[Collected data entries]

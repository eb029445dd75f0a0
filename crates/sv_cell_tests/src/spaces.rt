//! Reports of a space, and how far the states of its cells have come. The expected ones are worked out by
//! hand.
ghost use Rattle.sv_cell_tests.specs.Standing.{AreCellsOf};

use crate::acts::{Act, Change, NOTHING, Scopes};
use crate::areas::At;
use crate::cells::{Tried, take_all};
use crate::texts::{BUFFER, PLAIN};
use std::alloc::{AllocError, Global};
use std::test::Fail;
use sv_mask::Layout;
use sv_model::work::{Area, Kind, Report};

// Reads of copies and of blits, writes of copies and of clears.
const COPY_READ: u8 = 34;

const BLIT_READ: u8 = 36;

const COPY_WRITE: u8 = 37;

const CLEAR_WRITE: u8 = 40;

const BYTES: At = At::Bytes(0, 16);

const WRITE: Act = Act::Use(0, COPY_WRITE, BYTES, None);

const READ: Act = Act::Use(0, COPY_READ, BYTES, None);

// The writes of copies are made available and visible to their reads.
const WRITES_TO_READS: Scopes = Scopes {
    s1: 1 << 12,
    a1: 1 << 37,
    s2: 1 << 12,
    a2: 1 << 34,
};

const MEMORY: Act = Act::Barrier(WRITES_TO_READS);

// Copies behind copies, without memory.
const EXECUTION: Act = Act::Barrier(Scopes {
    s1: 1 << 12,
    a1: 0,
    s2: 1 << 12,
    a2: 0,
});

// Transitions: nothing is before them, and clears or fragment shaders are behind.
const TO_CLEARS: Scopes = Scopes {
    s1: 0,
    a1: 0,
    s2: 1 << 15 | 1 << 17,
    a2: 1 << 40,
};

const TO_FRAGMENTS: Scopes = Scopes {
    s1: 0,
    a1: 0,
    s2: 0x700 | 1 << 17,
    a2: 1 << 20,
};

// All cells of the image, and its first one.
const WHOLE: At = At::Image(0, 3, 0, 4);

const FIRST: At = At::Image(0, 1, 0, 1);

// A race: its cells, the numbers of the acts of the later and the earlier access, and the kind.
type Race = (At, u64, u64, Kind);

// Acts, all reports on them, and how many groups the states of some cells were given.
#[derive(Clone, Copy)]
struct Row {
    acts: &'static [Act],
    races: &'static [Race],
    upto: &'static [(At, u64)],
}

static ROWS: [Row; 13] = [
    Row {
        acts: &[],
        races: &[],
        upto: &[(At::Bytes(0, 1), 0), (At::Image(2, 1, 3, 1), 0)],
    },
    // a read behind a write: nothing between the two, a memory barrier, an execution barrier
    Row {
        acts: &[WRITE, READ],
        races: &[(BYTES, 1, 0, Kind::Raw)],
        upto: &[(At::Bytes(0, 1), 0)],
    },
    Row {
        acts: &[WRITE, MEMORY, READ],
        races: &[],
        upto: &[
            (At::Bytes(0, 1), 1),
            (At::Bytes(15, 16), 1),
            (At::Bytes(16, 17), 0),
            (At::Bytes(32, 33), 0),
        ],
    },
    Row {
        acts: &[WRITE, EXECUTION, READ],
        races: &[(BYTES, 2, 0, Kind::Raw)],
        upto: &[],
    },
    Row {
        acts: &[READ, EXECUTION, WRITE],
        races: &[],
        upto: &[],
    },
    // groups come to a cell with its next access
    Row {
        acts: &[WRITE, MEMORY, EXECUTION, MEMORY],
        races: &[],
        upto: &[(At::Bytes(0, 1), 0)],
    },
    Row {
        acts: &[WRITE, MEMORY, EXECUTION, MEMORY, READ],
        races: &[],
        upto: &[(At::Bytes(0, 1), 3), (At::Bytes(32, 33), 0)],
    },
    // two reads, and a write that races with both
    Row {
        acts: &[
            WRITE,
            READ,
            Act::Use(0, BLIT_READ, BYTES, None),
            Act::Use(0, COPY_WRITE, BYTES, None),
        ],
        races: &[(BYTES, 1, 0, Kind::Raw), (BYTES, 3, 2, Kind::War)],
        upto: &[],
    },
    // a barrier on some bytes
    Row {
        acts: &[
            Act::Use(0, COPY_WRITE, At::Bytes(0, 32), None),
            Act::Element(WRITES_TO_READS, BYTES, Change::Nothing),
            Act::Use(0, COPY_READ, At::Bytes(8, 48), None),
        ],
        races: &[(At::Bytes(16, 32), 2, 0, Kind::Raw)],
        upto: &[
            (At::Bytes(7, 8), 0),
            (At::Bytes(8, 9), 1),
            (At::Bytes(20, 21), 1),
            (At::Bytes(47, 48), 1),
            (At::Bytes(48, 49), 0),
        ],
    },
    // writes of two queues
    Row {
        acts: &[WRITE, Act::Use(1, COPY_WRITE, BYTES, None)],
        races: &[(BYTES, 1, 0, Kind::Waw)],
        upto: &[],
    },
    // a transition behind a write
    Row {
        acts: &[
            Act::Element(
                TO_CLEARS,
                FIRST,
                Change::Layouts(0, Layout::Undefined, Layout::TransferDstOptimal),
            ),
            Act::Use(0, CLEAR_WRITE, FIRST, Some(Layout::TransferDstOptimal)),
            Act::Element(
                TO_FRAGMENTS,
                FIRST,
                Change::Layouts(0, Layout::TransferDstOptimal, Layout::ShaderReadOnlyOptimal),
            ),
        ],
        races: &[(FIRST, 2, 1, Kind::Waw)],
        upto: &[(FIRST, 1), (At::Image(0, 1, 1, 1), 0)],
    },
    // a run for each mip
    Row {
        acts: &[
            Act::Use(0, COPY_WRITE, WHOLE, None),
            Act::Use(0, COPY_READ, At::Image(0, 2, 0, 4), None),
        ],
        races: &[
            (At::Image(0, 1, 0, 4), 1, 0, Kind::Raw),
            (At::Image(1, 1, 0, 4), 1, 0, Kind::Raw),
        ],
        upto: &[],
    },
    Row {
        acts: &[
            Act::Use(0, COPY_WRITE, WHOLE, None),
            Act::Use(0, COPY_READ, At::Image(1, 2, 2, 2), None),
        ],
        races: &[
            (At::Image(1, 1, 2, 2), 1, 0, Kind::Raw),
            (At::Image(2, 1, 2, 2), 1, 0, Kind::Raw),
        ],
        upto: &[],
    },
];

fn is_race(report: &Report, race: Race) -> bool {
    let (at, later, earlier, kind) = race;
    report.area == at.area()
        && report.later.step == later
        && report.earlier.step == earlier
        && report.kind == kind
}

fn are_races(reports: &[Report], races: &[Race]) -> bool {
    if reports.len() != races.len() {
        return false;
    }
    for index in 0..races.len() {
        if !is_race(&reports[index], races[index]) {
            return false;
        }
    }
    true
}

fn has_come(tried: &Tried, upto: &[(At, u64)]) -> bool
    requires { AreCellsOf tried.now.trace tried.now.cells.space tried.now.cells.layouts
        tried.now.cells.owners }
{
    for (at, groups) in upto {
        if tried.upto(at.area()) != Some(*groups) {
            return false;
        }
    }
    true
}

fn agrees(alloc: Global, row: &Row) -> Result<bool, AllocError> {
    match take_all(alloc, PLAIN, row.acts)? {
        None => Ok(false),
        Some(tried) => {
            let races = are_races(tried.answers.reports.as_slice(), row.races);
            Ok(races && has_come(&tried, row.upto))
        }
    }
}

#[test]
fn races_are_reported(rt: HostRuntime) -> Result<(), Fail> {
    for index in 0..ROWS.len() {
        let agrees = agrees(rt.alloc(), &ROWS[index])?;
        assert!(rt; agrees, "row {index}");
    }
    Ok(())
}

// Acts on the buffer alone, and then the number of pieces, of kept accesses and of groups that were given.
static COUNTS: [(&[Act], (u64, u64, u64)); 5] = [
    (&[], (1, 0, 0)),
    (&[WRITE], (2, 1, 0)),
    // the write and the read are kept, and the first piece was given the group
    (&[WRITE, MEMORY, READ], (2, 2, 1)),
    (&[WRITE, MEMORY, EXECUTION, MEMORY, READ], (2, 2, 3)),
    // cut at 8, 16, 32 and 48: a write, both, the read that raced, the read, nothing
    (
        &[
            Act::Use(0, COPY_WRITE, At::Bytes(0, 32), None),
            Act::Element(WRITES_TO_READS, BYTES, Change::Nothing),
            Act::Use(0, COPY_READ, At::Bytes(8, 48), None),
        ],
        (5, 5, 3),
    ),
];

// The numbers of the space behind these acts on the buffer.
fn counts(alloc: Global, acts: &[Act]) -> Result<Option<(u64, u64, u64)>, AllocError> {
    match take_all(alloc, BUFFER, acts)? {
        None => Ok(None),
        Some(tried) => {
            let space = &tried.cells.space;
            Ok(Some((space.pieces(), space.kept_total(), space.caught_up())))
        }
    }
}

#[test]
fn pieces_and_groups_are_counted(rt: HostRuntime) -> Result<(), Fail> {
    for index in 0..COUNTS.len() {
        let (acts, owed) = COUNTS[index];
        let found = counts(rt.alloc(), acts)?;
        assert!(rt; found == Some(owed), "row {index}");
    }
    Ok(())
}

▸ Requirement
Find all lines in the records that hold the word "PLAIN". Copy them.

▸ Answer to this exercise
use crate::texts::{BUFFER, PLAIN};
    match take_all(alloc, PLAIN, row.acts)? {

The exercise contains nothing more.